The next generation of therapeutics for chronic kidney disease

Abstract

Chronic kidney disease (CKD) represents a leading cause of death in the United States. There is no cure for this disease, with current treatment strategies relying on blood pressure control through blockade of the renin-angiotensin system. Such approaches only delay the development of end-stage kidney disease and can be associated with serious side effects. Recent identification of several novel mechanisms contributing to CKD development - including vascular changes, loss of podocytes and renal epithelial cells, matrix deposition, inflammation and metabolic dysregulation - has revealed new potential therapeutic approaches for CKD. This Review assesses emerging strategies and agents for CKD treatment, highlighting the associated challenges in their clinical development.

Figure 1. Targeting the renin angiotensin aldosterone system

Schematic representation of the renin angiotensin aldosterone system. Renin converts angiotensinogen to Angiotensin I and the angiotensin converting enzyme converts angiotensin I to angiotensin II. Renin inhibitors block renin, ACEI block ACE, AT1R block angiotensin action on the receptor while mineralocorticoid antagonists inhibit aldosterone.

Figure 2. Targeting the glomerulus in the treatment of CKD

A. The left of the figure depicts the normal glomerulus with endothelial cells, glycocalyx, basement membrane and podocytes shown. The boxes illustrate the different abnormalities observed in CKD and potential therapeutic strategies and agents to target them.

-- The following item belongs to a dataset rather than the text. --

// A line of a call list, byte by byte: how its bytes form words (docs/CALLS.md).
#![tactic(auto)]

pub mod line;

For endothelial cells, these include: loss of glycocalyx targeted by sulodexide, increased endothelin 1A signaling blocked by Atrasertan, decreased VEGF expression and increased B7-1 expression targeted by Abatacept. For podocytes, these include podocyte loss by detachment and apoptosis targeted by ROS inhibitors, FAK inhibitors or integrin inhibitors, increased dynamin oligomerization and cytoskeletal changes targeted by BisT23, Podocyte hypertrophy by increased mTOR and LKB1 targeted by rapamycin, and podocyte dedifferentiation by increased Wnt and Notch signaling targeted by lithium and gamma secretase inhibitors. B. PAS stained kidney sections from a patient with diabetic glomerulosclerosis. Note the increased pink matrix materials, indicative of glomerulosclerosis and the obliterated glomerular capillaries.

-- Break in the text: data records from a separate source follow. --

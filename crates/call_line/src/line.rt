// A line, byte by byte: of its first word the letters are kept, of each argument what it is and its number.
ghost use Rattle.std.specs.Prelude.{◌≡◌, true, false, [], ◌∷◌, take};
ghost use Rattle.call_words.specs.Asked.{asked_or_bad, understood as understood_as};
ghost use Rattle.call_line.specs.Numerals.{is_digit, form_of, value_of};
ghost use Rattle.call_line.specs.Words.{is_space};
ghost use Rattle.call_line.specs.Lines.{asks_of_line};
ghost use Rattle.call_line.specs.declared.line.Place.TheVariants.{Arguments};
ghost use Rattle.call_line.specs.Held.{digit_of, Holds, Reads, ReadsDigit, AsksFor, start_line};
ghost use Rattle.call_line.specs.Steps.{longer_of, spoilt_of, Joins, LateDigit, Ends, place_after, Spells, place_parted, PastCR, AtCR, WithoutCR, Parts, Takes, passes_over};

use call_words::asked;
use call_words::asked::{Asked, BadLine};
use call_words::shapes::{Argument, Form};

// Where in the line we are: at or before its first word, after it, in a comment; and the first two after a CR, which
// belongs to a word unless the line ends there.
#[derive(Clone, Copy, PartialEq, Eq)]
pub enum Place {
    FirstWord,
    Arguments,
    Comment,
    FirstWordCr,
    ArgumentsCr,
}

// The letters of a first word that are kept, and the arguments.
const LETTERS: usize = 24;

const ARGUMENTS: usize = 12;

// What is known of the line so far. It is changed in place: with copies of the whole a list was read in three times the time.
#[derive(Clone, Copy)]
pub struct Line {
    pub place: Place,
    // letters of the first word, one more than are kept where it is longer
    // (a count that stops there: an Option of it would be taken apart at every byte)
    pub letters: usize,
    // arguments that have ended, one more than are kept where there are more
    pub arguments: usize,
    // the argument under way
    pub form: Form,
    pub number: u64,
}

// The words of the line that are kept: as many letters and arguments as `Line` counts, which alone changes at most bytes. No heap: arrays of a fixed size.
#[derive(Clone, Copy)]
pub struct Words {
    pub name: [u8; 24],
    pub arguments: [Argument; 12],
}

impl Words {
    // No word yet.
    #[tactic(auto, using(crate::proofs::ReadLaws::holds_start))]
    pub fn new() -> Self
        ensures { Holds [] start_line result.name result.arguments }
    {
        let argument = Argument {
            form: Form::NoWord,
            value: 0,
        };
        Self {
            name: [0; 24],
            arguments: [argument; 12],
        }
    }
}

// The number with one digit more; none above 2^64 - 1.
fn longer(number: u64, digit: u64) -> Option<u64>
    ensures { result ≡ longer_of number digit }
{
    number.checked_mul(10)?.checked_add(digit)
}

fn is_digit(b: u8) -> bool
    ensures { result ≡ is_digit b }
{
    b.is_ascii_digit()
}

fn is_space(b: u8) -> bool
    ensures { result ≡ is_space b }
{
    matches!(b, b' ' | b'\t')
}

// What a word of one byte is.
#[tactic(auto, using(crate::proofs::OneByteLaws::form_absent, crate::proofs::OneByteLaws::form_flag, crate::proofs::OneByteLaws::form_digit, crate::proofs::OneByteLaws::form_side_client, crate::proofs::OneByteLaws::form_side_server, crate::proofs::OneByteLaws::form_low, crate::proofs::OneByteLaws::form_high))]
fn first_form(b: u8) -> Form
    ensures { result ≡ form_of (b ∷ []) }
{
    match b {
        b'-' => Form::Absent,
        b'0' | b'1' => Form::Flag,
        b'2'..=b'9' => Form::Number,
        b'c' | b's' => Form::Side,
        _ => Form::Other,
    }
}

// The number of a word of one byte: a digit's, 1 for the client.
#[tactic(auto, using(crate::proofs::OneByteLaws::value_client, crate::proofs::OneByteLaws::value_low, crate::proofs::OneByteLaws::value_high, crate::proofs::OneByteLaws::value_digit))]
fn first_number(b: u8) -> u64
    ensures { result ≡ value_of (b ∷ []) }
{
    match b {
        b'0'..=b'9' => u64::from(b - b'0'),
        b'c' => 1,
        _ => 0,
    }
}

fn place_after(at: usize, b: u8) -> Place
    ensures { result ≡ place_after at b }
{
    if at == 0 && b == b'#' {
        return Place::Comment;
    }
    Place::FirstWord
}

// After a space that follows so many letters.
fn place_parted(letters: usize) -> Place
    ensures { result ≡ place_parted letters }
{
    if letters == 0 {
        return Place::FirstWord;
    }
    Place::Arguments
}

impl Line {
    // At the start of a line.
    pub fn start() -> Self
        ensures { result ≡ start_line }
    {
        Self {
            place: Place::FirstWord,
            letters: 0,
            arguments: 0,
            form: Form::NoWord,
            number: 0,
        }
    }

    // The word under way can be no argument.
    fn spoil(&mut self)
        ensures { self.new ≡ spoilt_of self.old }
    {
        self.form = Form::Other;
        self.number = 0; // of no number
    }

    // A CR that no line's end follows belongs to a word, which is then neither a call nor an argument.
    fn past_cr(&mut self)
        ensures { PastCR self.old self.new }
    {
        match self.place {
            Place::ArgumentsCr => {
                self.place = Place::Arguments;
                self.spoil();
            },
            Place::FirstWordCr => {
                self.place = Place::FirstWord;
                self.letters = LETTERS + 1;
            },
            _ => {},
        }
    }

    // A CR, after past_cr.
    fn at_cr(&mut self)
        ensures { AtCR self.old self.new }
    {
        match self.place {
            Place::Arguments => self.place = Place::ArgumentsCr,
            _ => self.place = Place::FirstWordCr,
        }
    }

    // The end of the line: a CR before it is passed over.
    // By `if let`, here and below: with `==` the fact is of the derived `eq`, and goals stayed open in six functions.
    fn without_cr(&mut self)
        ensures { WithoutCR self.old self.new }
    {
        if let Place::ArgumentsCr = self.place {
            self.place = Place::Arguments;
        }
    }

    // A digit in an argument.
    fn add_digit(&mut self, b: u8)
        requires { is_digit b ≡ true }
        ensures { Joins self.old b self.new }
    {
        if let Form::NoWord = self.form {
            self.form = first_form(b);
            self.number = first_number(b);
            return;
        }
        if !self.form.numeric() {
            return self.spoil();
        }
        let Some(n) = longer(self.number, first_number(b)) else {
            return self.spoil();
        };
        self.number = n;
        self.form = Form::Number;
    }

    // A byte in an argument; a digit only after a CR, where the word is spoilt already.
    fn add_byte(&mut self, b: u8)
        requires { LateDigit self.old b }
        ensures { Joins self.old b self.new }
    {
        let Form::NoWord = self.form else {
            return self.spoil();
        };
        self.form = first_form(b);
        self.number = first_number(b);
    }

    // One byte more of the first word. A line whose first word begins with `#` is passed over.
    fn add_letter(&mut self, b: u8, words: &mut Words)
        ensures spells { Spells self.old b words.old.name self.new words.new.name }
        ensures arguments { words.new.arguments ≡ words.old.arguments }
    {
        let at = self.letters;
        if at >= LETTERS {
            self.letters = LETTERS + 1; // and no further
            return;
        }
        words.name[at] = b;
        self.letters = at + 1;
        self.place = place_after(at, b);
    }

    // An argument ends here.
    fn end_argument(&mut self, words: &mut Words)
        ensures ends { Ends self.old words.old.arguments self.new words.new.arguments }
        ensures name { words.new.name ≡ words.old.name }
    {
        let at = self.arguments;
        let argument = Argument {
            form: self.form,
            value: self.number,
        };
        self.form = Form::NoWord;
        self.number = 0; // of no word
        if at >= ARGUMENTS {
            self.arguments = ARGUMENTS + 1;
            return;
        }
        words.arguments[at] = argument;
        self.arguments = at + 1;
    }

    // A space or the end of the line: the word under way ends, if there is one.
    fn part(&mut self, words: &mut Words)
        ensures parts { Parts self.old words.old.arguments self.new words.new.arguments }
        ensures name { words.new.name ≡ words.old.name }
    {
        let Place::Arguments = self.place else {
            self.place = place_parted(self.letters);
            return;
        };
        match self.form {
            Form::NoWord => {},
            _ => self.end_argument(words),
        }
    }

    // A byte that is no CR and ends no line.
    fn take(&mut self, b: u8, words: &mut Words)
        requires { self.old.place ≡ Arguments → LateDigit self.old b }
        ensures { Takes self.old words.old.name words.old.arguments b self.new words.new.name words.new.arguments }
    {
        if is_space(b) {
            return self.part(words);
        }
        if let Place::Arguments = self.place {
            return self.add_byte(b);
        }
        self.add_letter(b, words);
    }

    // A byte that ends no line, unless it is a digit in an argument.
    fn feed(&mut self, b: u8, words: &mut Words)
        requires { self.old.place ≡ Arguments → is_digit b ≡ false }
        ensures { Reads self.old words.old.name words.old.arguments b self.new words.new.name words.new.arguments }
    {
        if let Place::Comment = self.place {
            return;
        }
        self.past_cr();
        if b == b'\r' {
            return self.at_cr();
        }
        self.take(b, words);
    }

    // Whether the byte is a digit in an argument, as most bytes are.
    pub fn is_digit(self, b: u8) -> bool
        ensures { result ≡ digit_of self b }
    {
        self.place == Place::Arguments && is_digit(b)
    }

    // Such a digit more. It is `read` without what it could else do.
    pub fn read_digit(&mut self, b: u8)
        requires { digit_of self.old b ≡ true }
        ensures { ReadsDigit self.old b self.new }
    {
        self.add_digit(b);
    }

    // One byte more, which does not end the line.
    pub fn read(&mut self, b: u8, words: &mut Words)
        ensures { Reads self.old words.old.name words.old.arguments b self.new words.new.name words.new.arguments }
    {
        if self.is_digit(b) {
            return self.read_digit(b);
        }
        self.feed(b, words);
    }

    // Whether the line is empty or a comment.
    fn passed_over(self) -> bool
        ensures { result ≡ passes_over self }
    {
        self.place == Place::Comment || self.letters == 0
    }

    // What the words ask for. No line has a first word or so many arguments as are cut short here.
    #[tactic(auto, using(crate::proofs::AskedLaws::take_cut))]
    fn understood(self, words: &Words) -> Result<Asked, BadLine>
        ensures { asked_or_bad result ≡ understood_as (take self.letters words.now.name) (take self.arguments words.now.arguments) }
    {
        let letters = &words.name[..self.letters.min(LETTERS)];
        let arguments = &words.arguments[..self.arguments.min(ARGUMENTS)];
        asked::understood(letters, arguments)
    }

    // What the line asks for that ends here, if it is not passed over.
    pub fn asked(self, words: &mut Words) -> Result<Option<Asked>, BadLine>
        ensures asks { AsksFor self words.old.name words.old.arguments (asks_of_line result) words.new.name words.new.arguments }
        ensures name { words.new.name ≡ words.old.name }
    {
        if self.passed_over() {
            return Ok(None);
        }
        let mut t = self;
        t.without_cr();
        t.part(words);
        Ok(Some(t.understood(words)?))
    }
}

Figure 3. Targeting tubulointerstitial fibrosis in the treatment of CKD

A. Normal (healthy) renal tubule cross-section versus B. tubulointerstitium in CKD. Several therapeutic targets are shown including: increased TGFb signaling blocked by neutralizing antibody CAT-192, blocking latent TGFb by inhibiting alphavbeta6 with STX 100 antibody, tubule dedifferentiation and proinflammatory phenotype by increasing JAK and Notch signaling (blocked by gamma secretase inhibitor or baricitinib), increased TNFa and MCP1 levels, increased complement activation, collagen cross-linking by LoxL2, and increased GLi2 and Wnt signaling in fibroblasts leading to activated myofibroblast accumulation. B. PAS stained human kidney section from a patient with diabetic kidney disease. Note the increased interstitial matrix, the increase in myofibroblasts and inflammatory cells and tubule cell dedifferentiation.

Figure 4. Metabolic alterations in CKD

Metabolic dysregulation, particularly poor glucose control, is associated with the development of diabetic nephropathy. Key factors contributing to disease development include increased SGLT2 mediated glucose uptake and increased mitochondrial and plasma membrane ROS generation . In addition, fatty acid oxidation is decreased due to loss of nuclear receptor activity of PPARA, RXR, PPARGC1A, LXR/FXR and their upstream regulator AMPK, LKB1 and miR 21. Effects of metabolic fluctuations are long lasting as they can influence the epigenome; cytosine methylation and histone acetylation. Agents being investigated, which target many of these alterations, including: empagliflozin, dapaglifozin and canagliflozin that block SGLT1, GTK137831 that blocks NOX4, 5Aza that blocks cytosine methylation, HDAC inhibitors that block histone acyltransferases, miR21 and fibrates that activate PPARA, and GW3965 that blocks LXR/FXR, are shown in the red and green boxes.